出逢いからして、最低最悪だったのだ。





02: 思いがけない暖かさに





アイツを見ていると、イライラする。
どうしようもないくらいの適当な授業に、態度。煙草を吸いながらの授業はさすがに驚いたが、最近ではそんなこともなく一種の慣
れ、のような物が起こっている。出席の確認でさえスムーズに運んだためしがない。てか、多串って誰デスカ?

その上、出逢いも最悪だった。

そりゃ、あんなに桜が満開で散りまくりの地面の上でコンタクトを落とした自分の馬鹿さ加減も呪ってはいる。アイツが近づいてきた
のだって『困っている生徒』がいるという親切心だったのかもしれない。


けれど。


探そうとしておもいっきしコンタクトを割っては意味が無いだろう……!


その時点で俺の運命は急速に面倒くさい方向へ進んでいっているはずだ。
無理やり1年で学級委員。2年で生徒会。3年でも生徒会。

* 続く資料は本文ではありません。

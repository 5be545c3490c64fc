//! Why an action isn't done.

/// Why an action isn't done, as it is said in a line of an errors window.
#[derive(Clone, Copy, Debug, PartialEq, Eq)]
pub enum ActionFault {
    /// Get or Put is given no name, and the window has none.
    NoFileName,
    /// There is no file or directory of that name, or a file can't be stored there.
    FileNotFound,
    /// The body would have more than 16,777,216 runes.
    TextTooLong,
}
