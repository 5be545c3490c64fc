//! Single deeds over windows, after which the window lives.

ghost use Rattle.std.specs.Prelude.{◌≡◌, ◌∷◌, [], false, IsSome, Some, IfOk, OnOk};
ghost use Rattle.acme_tree.specs.Trees.{world_is_full};
ghost use Rattle.edit_log.specs.Edited.{text_after};
ghost use Rattle.core_windows.specs.Possible.{CanEdit, CanSet, CanSetIn, text_in};
ghost use Rattle.core_windows.specs.Windows.{window_at, world_of, named_window};
ghost use Rattle.core_windows.specs.declared.change.Change.TheVariants as change;
ghost use Rattle.core_scene.specs.Scenes.{scene_of, kept_of, Did};
ghost use Rattle.core_scene.specs.declared.deed.Deed.TheVariants as deed;
ghost use Rattle.core_actions.specs.Made.{next_window, make_deeds};

use crate::seen::FRONT;
use am_text::{NoMemory, Runes};
use core_addresses::replacement;
use core_scene::{Change, Deed, Entry, Scene, Setting};
use edit_log::Edits;
use std::alloc::Global;

/// Sets a part of a window. It goes on living.
pub fn set_in_window(
    alloc: Global,
    scene: &mut Scene,
    entry: Entry,
    window: u32,
    setting: Setting,
) -> Result<(), NoMemory>
    requires { CanSetIn (window_at scene.old.windows.present window) setting }
    ensures ok { OnOk result (Did entry (scene_of scene.old) (scene_of scene.new)
        (deed.Windows (change.Sets window setting) ∷ [])) }
    ensures lives { OnOk result (IsSome (window_at scene.new.windows.present window)) }
    ensures kept { kept_of scene.new ≡ kept_of scene.old }
{
    scene.act(
        alloc,
        entry,
        Deed::Windows(Change::Sets { window, setting }),
    )
}

/// Edits the body of a window. It goes on living, and its text is then known.
pub fn edit_window(
    alloc: Global,
    scene: &mut Scene,
    entry: Entry,
    window: u32,
    edits: Edits,
) -> Result<(), NoMemory>
    requires { CanEdit (window_at scene.old.windows.present window) edits }
    ensures ok { OnOk result (Did entry (scene_of scene.old) (scene_of scene.new)
        (deed.Windows (change.Edits window edits) ∷ [])) }
    ensures lives { OnOk result (IsSome (window_at scene.new.windows.present window)) }
    ensures text { OnOk result (text_in (window_at scene.new.windows.present window)
        ≡ text_after (text_in (window_at scene.old.windows.present window)) edits) }
    ensures kept { kept_of scene.new ≡ kept_of scene.old }
{
    scene.act(alloc, entry, Deed::Windows(Change::Edits { window, edits }))
}

/// Edits the body of a window, and then sets a part of it.
#[tactic(auto, using(crate::proofs::Windows::joins))]
pub(crate) fn edit_and_set(
    alloc: Global,
    scene: &mut Scene,
    entry: Entry,
    window: u32,
    both: (Edits, Setting),
) -> Result<(), NoMemory>
    requires edits { CanEdit (window_at scene.old.windows.present window) both.0 }
    requires setting { CanSet (text_after (text_in (window_at scene.old.windows.present window)) both.0) both.1 }
    ensures ok { OnOk result (Did entry (scene_of scene.old) (scene_of scene.new)
        (deed.Windows (change.Edits window both.0) ∷ deed.Windows (change.Sets window both.1) ∷ [])) }
    ensures kept { kept_of scene.new ≡ kept_of scene.old }
{
    let (edits, setting) = both;
    edit_window(alloc, scene, entry, window, edits)?;
    set_in_window(alloc, scene, entry, window, setting)
}

/// Makes a window of this name. It lives, and is empty and clean.
fn make(alloc: Global, scene: &mut Scene, entry: Entry, name: Runes) -> Result<(), NoMemory>
    requires { world_is_full (world_of scene.old.windows.present) ≡ false }
    ensures ok { OnOk result (Did entry (scene_of scene.old) (scene_of scene.new)
        (deed.Windows (change.Makes name) ∷ [])) }
    ensures made { OnOk result (window_at scene.new.windows.present (next_window (scene_of scene.old))
        ≡ Some (named_window name)) }
    ensures kept { kept_of scene.new ≡ kept_of scene.old }
{
    scene.act(alloc, entry, Deed::Windows(Change::Makes { name }))
}

/// Makes a window of this name, and puts a text into it. It lives, and has that text.
#[tactic(auto, using(crate::proofs::Windows::made))]
pub(crate) fn make_with(
    alloc: Global,
    scene: &mut Scene,
    entry: Entry,
    name: Runes,
    text: Runes,
) -> Result<u32, NoMemory>
    requires { world_is_full (world_of scene.old.windows.present) ≡ false }
    ensures ok { OnOk result (Did entry (scene_of scene.old) (scene_of scene.new)
        (make_deeds name text (scene_of scene.old))) }
    ensures number { IfOk result (λ w. w ≡ next_window (scene_of scene.old)) }
    ensures lives { IfOk result (λ w. IsSome (window_at scene.new.windows.present w)) }
    ensures text { IfOk result (λ w. text_in (window_at scene.new.windows.present w) ≡ text) }
    ensures kept { kept_of scene.new ≡ kept_of scene.old }
{
    let window = scene.windows.world().next;
    make(alloc, scene, entry, name)?;
    edit_window(
        alloc,
        scene,
        entry,
        window,
        replacement(alloc, FRONT, text)?,
    )?;
    Ok(window)
}
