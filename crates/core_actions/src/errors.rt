//! Texts for the window that takes what is said about a directory's windows, `+Errors` (acme(1)).

ghost use Rattle.std.specs.Prelude.{◌≡◌, ◌∷◌, [], false, IsSome, IfSome, IfOk, OnOk};
ghost use Rattle.core_windows.specs.Windows.{window_at};
ghost use Rattle.core_scene.specs.Scenes.{scene_of, kept_of, Did};
ghost use Rattle.core_actions.specs.Errors.{append_deeds, put_in, size_of, is_missing, is_dropped, errors_in};
ghost use Rattle.core_actions.specs.Errors.{errors_deeds};

use crate::deeds::{edit_window, make_with};
use crate::seen::{fits, size_at};
use acme_tree::world_is_full;
use am_text::{NoMemory, Range, Rune, Runes};
use core_addresses::replacement;
use core_scene::{Entry, Scene};
use std::alloc::Global;
use win_ctl::errors_name;

// Puts a text at the end of a window's body.
#[tactic(auto, using(crate::proofs::Windows::editing))]
fn append(
    alloc: Global,
    scene: &mut Scene,
    entry: Entry,
    window: u32,
    text: Runes,
) -> Result<(), NoMemory>
    requires { IsSome (window_at scene.old.windows.present window) }
    ensures ok { OnOk result (Did entry (scene_of scene.old) (scene_of scene.new)
        (append_deeds window text (scene_of scene.old))) }
    ensures kept { kept_of scene.new ≡ kept_of scene.old }
{
    let end = size_at(&scene.windows, window);
    let edits = replacement(alloc, Range { q0: end, q1: end }, text)?;
    edit_window(alloc, scene, entry, window, edits)
}

// How many runes the window has; a new one has none.
fn size_of(scene: &Scene, window: Option<u32>) -> usize
    ensures { result ≡ size_of window (scene_of scene.now) }
{
    match window {
        Some(window) => size_at(&scene.windows, window),
        None => 0,
    }
}

// Whether the window isn't there, and no more can be made.
fn is_missing(scene: &Scene, window: Option<u32>) -> bool
    ensures { result ≡ is_missing window (scene_of scene.now) }
{
    window.is_none() && world_is_full(scene.windows.world())
}

// Whether there is no text, or no place for it.
fn is_dropped(scene: &Scene, window: Option<u32>, text: &[Rune]) -> bool
    ensures exact { result ≡ is_dropped text.now window (scene_of scene.now) }
    ensures room { result ≡ false → is_missing window (scene_of scene.now) ≡ false }
{
    text.is_empty() || is_missing(scene, window) || !fits(size_of(scene, window), text.len())
}

// Puts a text at the end of that window, or of one that is made.
fn put_in(
    alloc: Global,
    scene: &mut Scene,
    entry: Entry,
    place: (Runes, Option<u32>),
    text: Runes,
) -> Result<(), NoMemory>
    requires lives { IfSome place.1 (λ w. IsSome (window_at scene.old.windows.present w)) }
    requires room { is_missing place.1 (scene_of scene.old) ≡ false }
    ensures ok { OnOk result (Did entry (scene_of scene.old) (scene_of scene.new)
        (put_in place.0 text place.1 (scene_of scene.old))) }
    ensures kept { kept_of scene.new ≡ kept_of scene.old }
{
    let (name, window) = place;
    match window {
        Some(window) => append(alloc, scene, entry, window, text),
        None => {
            make_with(alloc, scene, entry, name, text)?;
            Ok(())
        }
    }
}

/// Puts a text at the end of the errors window of a directory, which is made where there is none.
///
/// The text is dropped where it is empty, where the window would have more than 16,777,216 runes, and where the window
/// can't be made.
pub fn append_errors(
    alloc: Global,
    scene: &mut Scene,
    entry: Entry,
    directory: &[Rune],
    text: Runes,
) -> Result<(), NoMemory>
    ensures ok { OnOk result (Did entry (scene_of scene.old) (scene_of scene.new)
        (errors_deeds entry directory.now text (scene_of scene.old))) }
    ensures kept { kept_of scene.new ≡ kept_of scene.old }
{
    let name = errors_name(alloc, directory)?;
    let window = scene.windows.named(name.as_slice());
    if is_dropped(scene, window, text.as_slice()) {
        return Ok(());
    }
    put_in(alloc, scene, entry, (name, window), text)
}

そして、年中部活に果ては受験。
……まあ、受験の方は頭がしこたま悪いというわけではなく、学年で10番以内に入るようにはしているのでなんてことは無いけれど。
煙草を見つかったのも悪かったと思う。
まさか鍵付の屋上に先生が来るなんて思いもしなくて、悠長に吸ってたし。まぁ、コレは黙認、してくれててありがたいけど……。
それにしても、何故自分の人生最大の青春であろう高校時代が華々しくギンパのマダオに侵されているのだ……!!



そして、今現在俺は何をしている?



生徒会室の机にくまなく並べられた書類と綴じ込み用の大きなホチキス。
目の前にはこの前の小テストの採点をするアホ担任。
おれとコイツ、二人きりで?他の生徒会役員?サボりだろうよ。まともな奴はいねぇしな!!
そして、この馬鹿は一向に手伝うという気もお越しはせず、のろのろとテストの採点中。採点という、担任、いや教師としての仕事を
すれば、俺が文句を言ってこないことを重々承知しているから性質が悪い。


あぁ、もう。このムカつきはなんなんだ。


思えば、コイツのせいで俺の人生狂ってる気がする。絶対そうだ。むしろなんで俺がコイツごときに一挙一動しなくちゃいけないんだ
よ。俺の思い出はコイツ一色か?!……あ、なんか変なこと言ったかも。


「お お ぐ し く〜ん」
「区切って呼ばないでください。てか土方ですから」
「眉間にいつも以上に皺よってるよ〜。悩み事?ほ〜ら先生に話してごらん。カマン」
「眉間の皺はいつもの事です。悩みなんかないですから」


むしろ『カマン』てなんだ。両手広げて待ち構えんなキモイから。
あぁ〜、早く終わらせよう。で、さっさと帰ろう。こんな時間じゃあ部活なんてぜってぇ出られないし。全開の窓から夕日が差し込んで
きてるし。カーテン閉めようかな。あちいな……。


ガション。



最後の綴じ込みを終えて、余ったプリントを縦横交互に重ねていく。仕上げに、机にトントンと形を整えた。その様子をアホ天パは
じぃっと見ていたが、気にしない。


「でもさ、多串君」
「だから、多串じゃねぇって……!!」

「疲れない程度に働きなさいね?」

「………ッ!!」


ぐしゃり、と頭を唐突に撫でられる。
は?
今コイツは何をした?
頭とか、撫でちゃった?
ガキ扱い?
……何、なんな訳、コレ。すっげムカつくのに、いやに顔赤いんだけど。


「……疲れさせるような仕事持ってくるのはアンタだろ」
「ま、そうだけど。あ、俺職員室行くから戸締りよろしくな〜」


苦し紛れを隠した俺の憎まれ口に苦笑いしながらもう一度ポンポン、と頭を撫でて生徒会室を去っていく。
パタン、と扉が閉まる音がしてアイツの気配が消えた。






あぁ、
ホント。
なんな訳?
顔とかめちゃくちゃ熱くねぇか?
なんなんだよ、いつもは全然労わったりしてこないくせに。今みたいな事だってしたことがないくせに。



3年間。
必死こいてこの気持ちに気づかないようにしてきたのに。



あぁ、イライラする。



あんなことしてきたアイツにも、だけど。




それ以上に、





3年間、この気持ちに名前をつけるのが怖くて、怖くてしかたがなかった、弱い自分に。
イライラしてたのは、きっと。






きっとアイツが好きだったからだ。










思いがけない暖かさに、気づきたくなかった想いを気づかされた。